→ **PROBLEM TO WORK ON**: Only the lines from the top of the data through the line containing "(length strings.before.now ≤" should be duplicated, exactly as they appear.

--------------------

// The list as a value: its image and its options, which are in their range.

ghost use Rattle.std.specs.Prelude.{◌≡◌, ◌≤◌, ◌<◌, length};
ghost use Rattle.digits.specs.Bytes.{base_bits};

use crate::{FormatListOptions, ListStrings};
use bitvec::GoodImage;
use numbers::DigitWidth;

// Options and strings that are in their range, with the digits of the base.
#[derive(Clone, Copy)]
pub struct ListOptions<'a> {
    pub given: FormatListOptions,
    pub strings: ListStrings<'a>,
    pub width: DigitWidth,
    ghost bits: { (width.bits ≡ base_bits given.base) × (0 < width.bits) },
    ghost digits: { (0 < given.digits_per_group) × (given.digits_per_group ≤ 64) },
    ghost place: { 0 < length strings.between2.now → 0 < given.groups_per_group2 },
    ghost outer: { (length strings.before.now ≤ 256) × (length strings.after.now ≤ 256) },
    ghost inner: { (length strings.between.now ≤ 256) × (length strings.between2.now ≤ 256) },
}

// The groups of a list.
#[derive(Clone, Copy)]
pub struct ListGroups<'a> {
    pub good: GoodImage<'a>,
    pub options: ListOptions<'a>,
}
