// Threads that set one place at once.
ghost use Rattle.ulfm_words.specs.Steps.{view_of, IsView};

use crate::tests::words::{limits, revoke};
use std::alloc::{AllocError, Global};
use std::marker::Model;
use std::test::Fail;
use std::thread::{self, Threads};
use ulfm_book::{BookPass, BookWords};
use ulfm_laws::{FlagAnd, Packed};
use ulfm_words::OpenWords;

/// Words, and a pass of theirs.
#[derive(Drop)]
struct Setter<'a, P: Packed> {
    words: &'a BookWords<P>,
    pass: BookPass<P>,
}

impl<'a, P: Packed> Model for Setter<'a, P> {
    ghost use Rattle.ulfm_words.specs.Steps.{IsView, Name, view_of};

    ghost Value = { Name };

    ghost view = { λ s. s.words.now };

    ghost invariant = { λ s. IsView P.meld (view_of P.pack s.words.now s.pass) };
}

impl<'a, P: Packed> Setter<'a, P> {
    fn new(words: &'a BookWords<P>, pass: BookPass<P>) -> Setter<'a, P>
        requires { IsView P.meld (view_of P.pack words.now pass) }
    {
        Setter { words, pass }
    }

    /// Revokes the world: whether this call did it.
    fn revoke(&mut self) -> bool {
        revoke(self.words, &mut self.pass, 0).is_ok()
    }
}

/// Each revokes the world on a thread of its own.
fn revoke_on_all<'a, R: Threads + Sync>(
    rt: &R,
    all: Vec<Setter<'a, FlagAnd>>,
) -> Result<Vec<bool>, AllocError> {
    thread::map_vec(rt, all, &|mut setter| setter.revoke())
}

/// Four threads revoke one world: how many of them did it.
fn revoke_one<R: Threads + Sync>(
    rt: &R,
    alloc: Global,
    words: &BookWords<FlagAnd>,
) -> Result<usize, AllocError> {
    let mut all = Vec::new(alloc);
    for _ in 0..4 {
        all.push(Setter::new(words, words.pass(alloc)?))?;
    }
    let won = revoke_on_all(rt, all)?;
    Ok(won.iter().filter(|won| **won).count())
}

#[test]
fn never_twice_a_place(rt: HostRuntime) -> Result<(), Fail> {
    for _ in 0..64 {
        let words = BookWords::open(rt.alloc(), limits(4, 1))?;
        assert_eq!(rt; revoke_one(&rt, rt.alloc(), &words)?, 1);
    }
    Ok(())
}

--------------------

→ **EXERCISE RESPONSE**:
// The list as a value: its image and its options, which are in their range.

ghost use Rattle.std.specs.Prelude.{◌≡◌, ◌≤◌, ◌<◌, length};
ghost use Rattle.digits.specs.Bytes.{base_bits};

use crate::{FormatListOptions, ListStrings};
use bitvec::GoodImage;
use numbers::DigitWidth;

// Options and strings that are in their range, with the digits of the base.
#[derive(Clone, Copy)]
pub struct ListOptions<'a> {
    pub given: FormatListOptions,
    pub strings: ListStrings<'a>,
    pub width: DigitWidth,
    ghost bits: { (width.bits ≡ base_bits given.base) × (0 < width.bits) },
    ghost digits: { (0 < given.digits_per_group) × (given.digits_per_group ≤ 64) },
    ghost place: { 0 < length strings.between2.now → 0 < given.groups_per_group2 },
    ghost outer: { (length strings.before.now ≤ 256) × (length strings.after.now ≤ 256) },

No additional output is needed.